WHAT TO WORK ON:
A single number is the required answer: the count of lines in the listing below that hold the string "memory".

RECORD EXTRACTS:
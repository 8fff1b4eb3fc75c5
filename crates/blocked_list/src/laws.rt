//! Whom a change lets wait no longer, each law as the contract of a function that does nothing.
ghost use Rattle.blocked_list.specs.Quotas.{UnlimitedLaw};
ghost use Rattle.blocked_list.specs.Ready.{SettingFreesLaw, CloseFreesLaw};

/// An owner whose host has no quota, or the full one, goes past none.
pub fn unlimited_exceeds_nothing()
    ensures { UnlimitedLaw }
{}

/// A setting, where nobody who waits for other bytes can be granted before it, 2 runs are free, and no quota holds its
/// owner back: only those who wait for its bytes.
pub fn setting_frees_own_bytes()
    ensures { SettingFreesLaw }
{}

/// A close, likewise: only those who wait for bytes among which are all that its owner held.
pub fn close_frees_own_bytes()
    ensures { CloseFreesLaw }
{}
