//! Places for waiters and for calls.
ghost use Rattle.std.specs.Prelude.{◌≡◌, ◌↔◌, ◌≤◌, ◌<◌, ◌+◌, ◌-◌, ◌++◌, ◌∷◌, ◌==◌, ◌&&◌, [], not, length, true, false, Bool, Some, IfOk, OnOk, OnErr, IsErr, IsTrue, IsSome, slice_index_or};
ghost use Rattle.definitions.specs.Bytes.{same_bytes, first_that, without_first};
ghost use Rattle.definitions.specs.Owners.{Owner};
ghost use Rattle.definitions.specs.Waits.{Waiter as OwnerWaiter, is_waiting, without_waiter, without_host_waiters, without_waiters_on};
ghost use Rattle.owner_ids.specs.Names.{Names, names_of_owners};
ghost use Rattle.std.specs.List.{list_any, remove};
ghost use Rattle.definitions.specs.First.{IsFirstAt, IsFirstPlace};
ghost use Rattle.blocked_list.specs.Waiting.{Waiting, AreKnown, AreNamed, free_places, owner_at, request_by, waiter_by, waiters_by, same_wanted};

use crate::by_file::ByFile;
use crate::by_owner::ByOwner;
use crate::hulls::Hulls;
use crate::waiter::Waiter;
use callbacks::MOST_SLOTS;
use owner_ids::{Host, HostOf, OwnerId, Owners, Starved};
use range_table::{FileId, Run, Wanted};
use std::alloc::Global;
use std::marker::Model;
use thiserror::Error;

/// There are not as many free places.
#[derive(Clone, Copy, Debug, PartialEq, Eq, Error)]
#[error("16 NoSlots")]
pub struct NoSlots;

/// Nobody waits for just this lock.
#[derive(Clone, Copy, Debug, PartialEq, Eq, Error)]
#[error("17 NotWaiting")]
pub struct NotWaiting;

/// Those who wait, in the order of waiting, and how many places calls take. A clause sees both.
///
/// Room for all is reserved at the start, so no later call takes memory. The calls themselves are kept elsewhere.
#[derive(Drop)]
pub struct Slots {
    pub(crate) waiters: Vec<Waiter>,
    pub(crate) by_file: ByFile,
    by_owner: ByOwner,
    pub(crate) hulls: Hulls,
    calls: usize,
}

impl Model for Slots {
    ghost use Rattle.std.specs.Prelude.{◌≤◌, ◌+◌, length, vec_capacity};
    ghost use Rattle.blocked_list.specs.ByFile.{IsIndex, file_at};
    ghost use Rattle.blocked_list.specs.ByOwner.{AreCounted};
    ghost use Rattle.blocked_list.specs.Hulls.{AreIn};
    ghost use Rattle.blocked_list.specs.Waiting.{Taken};

    ghost Value = { Taken };

    ghost view = { λ s. record { waiters = s.waiters.items; calls = s.calls } };

    ghost invariant = { λ s. (length s.waiters.items + s.calls ≤ 8192) × (8192 ≤ vec_capacity s.waiters) × IsIndex (file_at s.waiters.items) (length s.waiters.items) s.by_file × AreCounted s.waiters.items s.by_owner × AreIn s.waiters.items s.hulls };
}

impl Slots {
    /// All places free, with room for `MOST_SLOTS` waiters, or `Starved` where there is no memory for it.
    pub fn new(alloc: Global) -> Result<Slots, Starved>
        ensures { IfOk result (λ slots. slots ≡ record { waiters = []; calls = 0 }) }
    {
        Ok(Slots {
            waiters: Vec::with_capacity(alloc, MOST_SLOTS)?,
            by_file: ByFile::new(alloc)?,
            by_owner: ByOwner::new(alloc)?,
            hulls: Hulls::new(alloc)?,
            calls: 0,
        })
    }

    /// How many places are free.
    pub fn free(&self) -> usize
        ensures free { result ≡ free_places self.now }
        ensures most { length self.now.waiters + self.now.calls ≤ 8192 }
    {
        MOST_SLOTS - (self.waiters.len() + self.calls)
    }

    /// Those who wait, the first in front.
    pub fn waiters(&self) -> &[Waiter]
        ensures { result.now ≡ self.now.waiters }
    {
        self.waiters.as_slice()
    }

    /// Somebody waits, behind the others. `NoSlots` where no place is free; then nothing changes, and the waiter is dropped.
    pub fn block(&mut self, waiter: Waiter) -> Result<(), NoSlots>
        ensures full { IsErr result ↔ (free_places self.old ≡ 0) }
        ensures ok { OnOk result (self.new ≡ record { waiters = self.old.waiters ++ waiter ∷ []; calls = self.old.calls }) }
        ensures err { OnErr result (self.new ≡ self.old) }
        ensures by { OnOk result ((names : Names) → waiters_by names self.new.waiters ≡ waiters_by names self.old.waiters ++ waiter_by names waiter ∷ []) }
        ensures named { OnOk result ((names : Names) → AreNamed names self.old.waiters → IsSome (names waiter.wanted.owner) → AreNamed names self.new.waiters) }
    {
        if self.free() == 0 {
            drop(waiter);
            return Err(NoSlots);
        }
        let place = self.waiters.len();
        let owner = waiter.wanted().owner;
        self.hulls.widen(place, waiter.wanted());
        self.waiters.push_reserved(waiter);
        self.by_file.add(&self.waiters, place);
        self.by_owner.add(owner);
        Ok(())
    }

    /// Whether somebody waits for just this lock.
    pub fn is_waiting(&self, wanted: &Wanted) -> bool
        ensures { (names : Names) → AreKnown names self.now.waiters → IsSome (names wanted.now.owner) → result ≡ is_waiting (request_by names wanted.now) (waiters_by names self.now.waiters) }
    {
        self.place_of(wanted.run()).is_some()
    }

    /// The waiter for just this lock waits no longer (XNFS, NLM_CANCEL). `NotWaiting` where there is none; then nothing
    /// changes.
    pub fn cancel(&mut self, wanted: &Wanted) -> Result<(), NotWaiting>
        ensures refused { (names : Names) → AreKnown names self.old.waiters → IsSome (names wanted.now.owner) → IsErr result ↔ (is_waiting (request_by names wanted.now) (waiters_by names self.old.waiters) ≡ false) }
        ensures ok { OnOk result ((names : Names) → AreKnown names self.old.waiters → IsSome (names wanted.now.owner) → waiters_by names self.new.waiters ≡ without_waiter (request_by names wanted.now) (waiters_by names self.old.waiters)) }
        ensures err { OnErr result (self.new ≡ self.old) }
        ensures calls { self.new.calls ≡ self.old.calls }
        ensures named { (names : Names) → AreNamed names self.old.waiters → AreNamed names self.new.waiters }
    {
        match self.place_of(wanted.run()) {
            Some(place) => {
                drop(self.take_out(place));
                Ok(())
            }
            None => Err(NotWaiting),
        }
    }

    /// The waiter at this place is granted: its place becomes its call's.
    pub fn grant(&mut self, place: usize) -> Waiter
        requires { place < length self.old.waiters }
        ensures there { (names : Names) (test : OwnerWaiter → Bool) → IsFirstAt test (waiters_by names self.old.waiters) place → first_that test (waiters_by names self.old.waiters) ≡ Some (waiter_by names result) }
        ensures gone { (names : Names) (test : OwnerWaiter → Bool) → IsFirstAt test (waiters_by names self.old.waiters) place → waiters_by names self.new.waiters ≡ without_first test (waiters_by names self.old.waiters) }
        ensures calls { self.new.calls ≡ self.old.calls + 1 }
        ensures named { (names : Names) → AreNamed names self.old.waiters → AreNamed names self.new.waiters × IsSome (names result.wanted.owner) }
    {
        let waiter = self.take_out(place);
        self.calls += 1;
        waiter
    }

    // The waiter at this place waits no longer.
    fn take_out(&mut self, place: usize) -> Waiter
        requires { place < length self.old.waiters }
        ensures waiter { result ≡ slice_index_or self.old.waiters place result }
        ensures others { self.new ≡ record self.old { waiters = remove self.old.waiters place } }
        ensures room { length self.new.waiters + self.new.calls < 8192 }
    {
        let waiter = self.waiters.remove(place);
        self.by_file.remove(place);
        self.by_owner.remove(waiter.wanted().owner);
        self.hulls.refresh(&self.waiters);
        waiter
    }

    /// So many places become places of calls. `NoSlots` where fewer are free; then nothing changes.
    pub fn take(&mut self, count: usize) -> Result<(), NoSlots>
        ensures full { IsErr result ↔ (free_places self.old < count) }
        ensures ok { OnOk result (self.new ≡ record self.old { calls = self.old.calls + count }) }
        ensures err { OnErr result (self.new ≡ self.old) }
    {
        if self.free() < count {
            return Err(NoSlots);
        }
        self.calls += count;
        Ok(())
    }

    /// So many calls have ended, and their places are free.
    pub fn give(&mut self, count: usize)
        requires { count ≤ self.old.calls }
        ensures { self.new ≡ record self.old { calls = self.old.calls - count } }
    {
        self.calls -= count;
    }

    /// Takes out the waiters of a host (XNFS, NLM_FREE_ALL and SM_NOTIFY).
    pub fn drop_host(&mut self, owners: &Owners, name: &[u8])
        ensures by { AreNamed (names_of_owners owners.now) self.old.waiters → waiters_by (names_of_owners owners.now) self.new.waiters ≡ without_host_waiters name.now (waiters_by (names_of_owners owners.now) self.old.waiters) }
        ensures calls { self.new.calls ≡ self.old.calls }
        ensures named { (names : Names) → AreNamed names self.old.waiters → AreNamed names self.new.waiters }
    {
        let host = HostOf { owners, name };
        let before = self.waiters.len();
        self.waiters
            .retain(|waiter| !host.has(waiter.wanted().owner));
        self.by_file.renew_after(&self.waiters, before);
        self.by_owner.renew_after(&self.waiters, before);
        self.hulls.refresh_after(&self.waiters, before);
    }

    /// Takes out the waiters of an owner on a file, as when it closes the file (POSIX fcntl).
    pub fn drop_owner_on_file(&mut self, file: &FileId, owner: OwnerId)
        ensures by { (names : Names) → AreKnown names self.old.waiters → IsSome (names owner) → waiters_by names self.new.waiters ≡ without_waiters_on file.now (owner_at names owner) (waiters_by names self.old.waiters) }
        ensures calls { self.new.calls ≡ self.old.calls }
        ensures named { (names : Names) → AreNamed names self.old.waiters → AreNamed names self.new.waiters }
    {
        let before = self.waiters.len();
        self.waiters.retain(|waiter| !(waiter.is_on(file) && waiter.wanted().owner == owner));
        self.by_file.renew_after(&self.waiters, before);
        self.by_owner.renew_after(&self.waiters, before);
        self.hulls.refresh_after(&self.waiters, before);
    }

    /// Whether somebody of this number waits.
    pub fn has_owner(&self, owner: OwnerId) -> bool
        ensures { result ≡ list_any (λ w. w.wanted.owner == owner) self.now.waiters }
    {
        if self.by_owner.is_nobody(owner) {
            return false;
        }
        self.waiters
            .iter()
            .any(|waiter| waiter.wanted().owner == owner)
    }

    /// Frees every place, as at a restart.
    pub fn clear(&mut self)
        ensures { self.new ≡ record { waiters = []; calls = 0 } }
    {
        self.waiters.clear();
        self.by_file.clear();
        self.by_owner.clear();
        self.hulls.forget();
        self.calls = 0;
    }

    // Where the first waiter for just this lock stands.
    fn place_of(&self, wanted: &Run) -> Option<usize>
        ensures { IsFirstPlace (λ w. same_wanted w.wanted wanted.now) self.now.waiters result }
    {
        if self.by_owner.is_nobody(wanted.owner) {
            return None;
        }
        for place in self.by_file.part(&self.waiters, &wanted.file) {
            let place = usize::from(*place);
            if self.waiters[place].is_for(wanted) {
                return Some(place);
            }
        }
        None
    }
}
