//! Who waits for a lock, and how many places waiters and the server's own calls take together (XNFS, NLM_LOCK with
//! `block`; POSIX fcntl, F_SETLKW and EDEADLK).
#![tactic(auto)]

mod by_file;
mod by_owner;
mod cycles;
mod grants;
mod hulls;
pub mod laws;
mod quotas;
mod settling;
mod slots;
mod touched;
mod waiter;

pub use callbacks::MOST_SLOTS;
pub use owner_ids::Starved;
pub use quotas::{Limit, Quotas, limit_of};
pub use settling::{Grantor, settle};
pub use slots::{NoSlots, NotWaiting, Slots};
pub use touched::Touched;
pub use waiter::Waiter;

WRITTEN ANSWER:
2